Minpath: Indicates if the pathway was kept (1) or removed (0) by MinPath.
Fam0: The number of families involved in the pathway.
Fam-found: Number of families in pathway that were annotated/found.
Name: Description of pathway.

Quit (q) less when you are happy.

There are some quick things we can do in bash with these files.
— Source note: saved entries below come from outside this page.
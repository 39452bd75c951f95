//! The product of two automata: a state for each pair of states that some bytes lead to.
ghost use Rattle.std.specs.Prelude.{◌≡◌, ◌<◌, ◌≤◌, ◌+◌, ◌++◌, ◌∷◌, [], List, IfOk, IfErr, OnOk, Some, length, slice_get};
ghost use Rattle.automaton_rows.specs.Automata.{IsWhole};
ghost use Rattle.automaton_rows.specs.Rows.{IsRowFrom, target_in};
ghost use Rattle.automaton_rows.specs.declared.range.TargetRange.{TargetRange};
ghost use Rattle.automaton_products.specs.Products.{AreFewPairs, IsReached, IsProduct, IsProductFault, Keeps, pairs_of, start_pair};
ghost use Rattle.automaton_products.specs.ProductStates.{AreStates, IsJoinedRow};

use crate::joins::joined;
use crate::pairs::{Pair, Pairs, number_of};
use automaton_rows::{CompileFault, Dfa, MOST_SETS, TargetRange, head, rest_after};
use names::Record;
use std::alloc::{AllocError, Global};

/// The rows and records of the pairs that have been processed.
#[derive(Drop)]
struct States {
    ranges: Vec<TargetRange>,
    firsts: Vec<usize>,
    records: Vec<Record>,
}

/// How many ranges a row is expected to have.
const RANGES: usize = 4;

/// The automaton that runs both automata at once. Its states are the pairs of states that some bytes lead to, numbered in the order
/// in which they are met: state by state, and for each state the bytes in ascending order. Refused if there are more than 16,384.
pub fn product(alloc: Global, one: &Dfa, other: &Dfa) -> Result<Dfa, CompileFault>
    ensures ok { IfOk result (IsProduct one.now other.now) }
    ensures err { IfErr result (IsProductFault one.now other.now) }
{
    // Most products have about as many states as both automata together, with some ranges each: room for them is made at once.
    let expected = one.states() as usize + other.states() as usize;
    let mut pairs = Pairs::with_capacity(alloc, expected)?;
    let start = number_start(one, other, &mut pairs)?;
    let mut states = States {
        ranges: Vec::with_capacity(alloc, RANGES * expected)?,
        firsts: Vec::with_capacity(alloc, expected)?,
        records: Vec::with_capacity(alloc, expected)?,
    };
    add_states(one, other, &mut pairs, &mut states)?;
    Ok(Dfa::of(states.ranges, states.firsts, states.records, start))
}

// Numbers the pair of the dead states, and then that of the starts.
fn number_start(one: &Dfa, other: &Dfa, pairs: &mut Pairs) -> Result<u32, CompileFault>
    requires none { length (pairs_of pairs.old) ≡ 0 }
    ensures pairs { OnOk result (AreFewPairs one.now other.now (pairs_of pairs.new)) }
    ensures first { IfOk result (λ start. start ≤ 1) }
    ensures start { IfOk result (λ start. slice_get (pairs_of pairs.new) start ≡ Some (start_pair one.now other.now)) }
    ensures err { IfErr result (IsProductFault one.now other.now) }
{
    pairs.number(Pair { one: 0, other: 0 })?;
    let start = Pair {
        one: one.start(),
        other: other.start(),
    };
    pairs.number(start)
}

// A row and a record for each pair. A row may lead to new pairs, whose turn comes later.
fn add_states(
    one: &Dfa,
    other: &Dfa,
    pairs: &mut Pairs,
    states: &mut States,
) -> Result<(), CompileFault>
    requires whole_one { IsWhole one.now }
    requires whole_other { IsWhole other.now }
    requires pairs { AreFewPairs one.now other.now (pairs_of pairs.old) }
    requires ranges { states.old.ranges.items ≡ [] }
    requires firsts { states.old.firsts.items ≡ [] }
    requires records { states.old.records.items ≡ [] }
    ensures kept { OnOk result (Keeps (pairs_of pairs.old) (pairs_of pairs.new)) }
    ensures states { OnOk result (AreStates one.now other.now (pairs_of pairs.new) states.new.ranges.items states.new.firsts.items
        states.new.records.items (length (pairs_of pairs.new))) }
    ensures err { IfErr result (IsProductFault one.now other.now) }
{
    for state in 0..MOST_SETS {
        let Some(pair) = pairs.get(state) else {
            break;
        };
        add_state(one, other, pairs, pair, states)?;
    }
    Ok(())
}

// Adds the row and the record of one more pair.
fn add_state(
    one: &Dfa,
    other: &Dfa,
    pairs: &mut Pairs,
    pair: Pair,
    states: &mut States,
) -> Result<(), CompileFault>
    requires whole_one { IsWhole one.now }
    requires whole_other { IsWhole other.now }
    requires states { AreStates one.now other.now (pairs_of pairs.old) states.old.ranges.items states.old.firsts.items
        states.old.records.items (length states.old.firsts.items) }
    requires pair { slice_get (pairs_of pairs.old) (length states.old.firsts.items) ≡ Some pair }
    ensures kept { OnOk result (Keeps (pairs_of pairs.old) (pairs_of pairs.new)) }
    ensures one_more { OnOk result (length states.new.firsts.items ≡ length states.old.firsts.items + 1) }
    ensures states { OnOk result (AreStates one.now other.now (pairs_of pairs.new) states.new.ranges.items states.new.firsts.items
        states.new.records.items (length states.new.firsts.items)) }
    ensures err { IfErr result (IsProductFault one.now other.now) }
{
    let record = joined(&one.record_at(pair.one), &other.record_at(pair.other));
    let first = count(&states.ranges);
    add_row(one, other, pairs, pair, &mut states.ranges)?;
    keep(&mut states.firsts, first)?;
    keep(&mut states.records, record)?;
    Ok(())
}

// Adds the row of a pair: both rows are walked at once, and each byte has the pair of its two targets. If adjacent ranges have
// different targets in the rows of both automata, they have so here too, and nothing has to be joined.
fn add_row(
    one: &Dfa,
    other: &Dfa,
    pairs: &mut Pairs,
    pair: Pair,
    ranges: &mut Vec<TargetRange>,
) -> Result<(), CompileFault>
    requires whole_one { IsWhole one.now }
    requires whole_other { IsWhole other.now }
    requires pairs { AreFewPairs one.now other.now (pairs_of pairs.old) }
    requires met { IsReached one.now other.now pair }
    ensures pairs { OnOk result (AreFewPairs one.now other.now (pairs_of pairs.new)) }
    ensures kept { OnOk result (Keeps (pairs_of pairs.old) (pairs_of pairs.new)) }
    ensures row { OnOk result ((row : List TargetRange) × (ranges.new.items ≡ ranges.old.items ++ row) × IsJoinedRow one.now other.now
        (pairs_of pairs.new) pair row) }
    ensures err { IfErr result (IsProductFault one.now other.now) }
{
    let mut first = one.row(pair.one);
    let mut second = other.row(pair.other);
    let mut from = 0;
    loop {
        let near = head(first, from);
        let far = head(second, from);
        let last = near.last.min(far.last);
        let next = Pair {
            one: u32::from(near.target),
            other: u32::from(far.target),
        };
        let target = number_of(one, other, pairs, next)?;
        keep(ranges, TargetRange { last, target })?;
        if last == 255 {
            return Ok(());
        }
        first = rest_after(first, from, last);
        second = rest_after(second, from, last);
        from = last + 1;
    }
}

// The number of ranges.
fn count(ranges: &Vec<TargetRange>) -> usize
    ensures { result ≡ length ranges.now.items }
{
    ranges.len()
}

// Appends to a list.
fn keep<T: Drop>(list: &mut Vec<T>, value: T) -> Result<(), AllocError>
    ensures { OnOk result (list.new.items ≡ list.old.items ++ value ∷ []) }
{
    list.push(value)?;
    Ok(())
}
#Count number of pathways found in each bin with word count
wc -l *minpath
#Grab every line with "PWY-6972" from every file
grep "PWY-6972" *minpath | less

29.4 KEGGs

You can also get KEGG information with MinPath.

The code:

#Change to correct directory
cd ~/8-Annotation
#Make directory for KEGGs
mkdir KEGG
#KEGG extractions
ls -1 */*gff3 | sed "s|.*/||" | sed "s/.gff3//" | while read bin
do
cat ${bin}/${bin}.gff3 | grep "KEGG:" | cut -f 9 | sed "s/ID=//" | \
sed "s/;.*KEGG:/\t/" | sed "s/,.*//" > KEGG/${bin}.kegg
done
#Make directory for KEGG minpath output
mkdir KEGG_minpath
#Change directory to KEGG
cd KEGG
#Run MinPath
ls -1 *kegg | sed "s/.kegg//" | while read bin
do
python /pub14/tea/nsc206/git_installs/Minpath/MinPath.py \
-ko ${bin}.kegg \
-report ../KEGG_minpath/${bin}.minpath
done

With these files you can then investigate what bins have which pathways. Additionally, with more samples analysed you can determine which samples have which pathways present.

Splendid! That is the end of the workshop materials aside from the appendix in the next chapter. I hope you enjoyed it and foudn it useful.